Me metí entre sus brazos y lo abracé como si temiera que volviera a desaparecer, con los dedos aferrados con fuerza a su nuca.

—Felipe… —se me quebró la voz—.

Creí que te había perdido.

Me devolvió el abrazo con la misma fuerza, sólido y cálido, anclándome de una forma que no me había dado cuenta de que necesitaba.

Cuando se apartó, fue solo lo suficiente para enmarcar mi rostro con sus manos.

—Déjame verte —dijo en voz baja—.

Verte de verdad.

¿Qué te han hecho?

—Mientras sus ojos escudriñaban los míos, yo también lo observé.

Estaba más delgado.

Más endurecido.

La despreocupada desenvoltura que antes llevaba como armadura había desaparecido, reemplazada por algo más pesado: control, contención y una experiencia ganada a la mala.

Parecía mayor, no en años, sino en el peso que cargaba.

Y, de forma inquietante…, se parecía un poco a su hermano.

Esa constatación me dolió más de lo que esperaba.

Se me hizo un nudo en la garganta.

—Felipe —susurré, con las lágrimas escapándose a pesar de mi esfuerzo por detenerlas—.

¿Qué te hizo él?

Soltó una risa sorda, restándole importancia como si fuera una molestia.

—Lo suficiente como para enseñarme unas cuantas lecciones.

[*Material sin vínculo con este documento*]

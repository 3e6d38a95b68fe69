//! The pairs of a relay, in order of arrival.

ghost use Rattle.std.specs.Prelude.{◌≡◌, ◌++◌, ◌∷◌, [], true, OnOk};
ghost use Rattle.wasi_relay.specs.Went.{Went, given};
ghost use Rattle.wasi_relay.specs.Pair.{first_pair, open_pairs};
ghost use Rattle.wasi_relay.specs.OpenPairs.{is_open_at};
ghost use Rattle.wasi_relay.specs.Serving.{served_each};

use crate::pair::{Pair, Peer};
use crate::serving::serve_open;
use std::alloc::{AllocError, Global};
use std::marker::Model;
use wasi_session::{Session, StepError};
use wasi_world::{Handle, World};

/// Pairs in order of arrival. A turn takes no time for those that are over, however many they are.
#[derive(Drop)]
pub(crate) struct PairList {
    all: Vec<Pair>,
    /// The places of those that aren't over, in order.
    open: Vec<usize>,
}

impl Model for PairList {
    ghost use Rattle.std.specs.Prelude.{◌≡◌, ◌&&◌, nat_lt, vec_len, vec_capacity};
    ghost use Rattle.wasi_relay.specs.OpenPairs.{Pairs, open_places};

    ghost Value = { Pairs };

    ghost view = { λ p. record {
      items = p.all.items;
      room = nat_lt (vec_len p.all) (vec_capacity p.all)
          && nat_lt (vec_len p.open) (vec_capacity p.open);
    } };

    ghost invariant = { λ p. p.open.items ≡ open_places p.all.items };
}

impl PairList {
    /// No pair. Takes no memory.
    pub(crate) fn new(alloc: Global) -> PairList
        ensures { result.items ≡ [] }
    {
        PairList {
            all: Vec::new(alloc),
            open: Vec::new(alloc),
        }
    }

    /// The pairs.
    pub(crate) fn as_slice(&self) -> &[Pair]
        ensures { result.now ≡ self.now.items }
    {
        self.all.as_slice()
    }

    /// The pairs, as a vector.
    pub(crate) fn into_vec(self) -> Vec<Pair>
        ensures { result.items ≡ self.items }
    {
        self.all
    }

    /// How many aren't over.
    pub(crate) fn open_count(&self) -> usize
        ensures { result ≡ open_pairs self.now.items }
    {
        self.open.len()
    }

    /// Makes room for one more.
    pub(crate) fn reserve(&mut self) -> Result<(), AllocError>
        ensures items { self.new.items ≡ self.old.items }
        ensures room { OnOk result (self.new.room ≡ true) }
    {
        self.all.reserve(1)?;
        self.open.reserve(1)
    }

    /// Adds a pair whose target begins to be connected.
    pub(crate) fn push_reserved(&mut self, client: Peer, target: Handle)
        requires { self.old.room ≡ true }
        ensures { self.new.items ≡ self.old.items ++ first_pair client target ∷ [] }
    {
        self.open.push_reserved(self.all.len());
        self.all.push_reserved(Pair::new(client, target));
    }

    /// Each pair's part of a turn, in order; and whether one of them moved.
    pub(crate) fn serve_each<W: World>(
        &mut self,
        alloc: Global,
        session: &mut Session<W>,
    ) -> Result<bool, StepError>
        ensures { Went (served_each self.old.items) session.old session.new
            (given self.new.items result) }
    {
        let moved = serve_open(
            alloc,
            session,
            self.all.as_mut_slice(),
            self.open.as_slice(),
        );
        let pairs = self.all.as_slice();
        self.open.retain(|place| is_open_at(pairs, *place));
        moved
    }
}

/// Whether there is a pair at this place that isn't over.
fn is_open_at(pairs: &[Pair], place: usize) -> bool
    ensures { result ≡ is_open_at pairs.now place }
{
    match pairs.get(place) {
        Some(pair) => !pair.is_over(),
        None => false,
    }
}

También me aseguré de que él no lo disfrutara.

—No es gracioso.

—No estoy bromeando —dijo con delicadeza, atrayéndome de nuevo contra su pecho—.

Pero estoy bien, Elena.

No llores por mí.

Ese no era el objetivo de nada de esto.

—Me levantó la barbilla hasta que no tuve más remedio que encontrarme con su mirada.

—Todo lo que quería era que salieras.

Que estuvieras a salvo.

Que tuvieras una vida que no fuera propiedad de monstruos.

Asentí, temblorosa.

—Bien —dijo, ahora más suave—.

Entonces deja de malgastar lágrimas en mí.

Me guio hasta la mesa, sin soltarme la mano en ningún momento.

Cuando nos sentamos, entrelazó nuestros dedos como si fuera lo más natural del mundo.

—Cuéntamelo todo —dijo en voz baja—.

No los rumores.

No la propaganda.

Quiero tu verdad.

Me quedé mirando la mesa durante un largo momento, intentando averiguar por dónde empezaba una historia como la mía.

—Después de que nos separaran —dije por fin—, Eric y yo empezamos a desmoronarnos.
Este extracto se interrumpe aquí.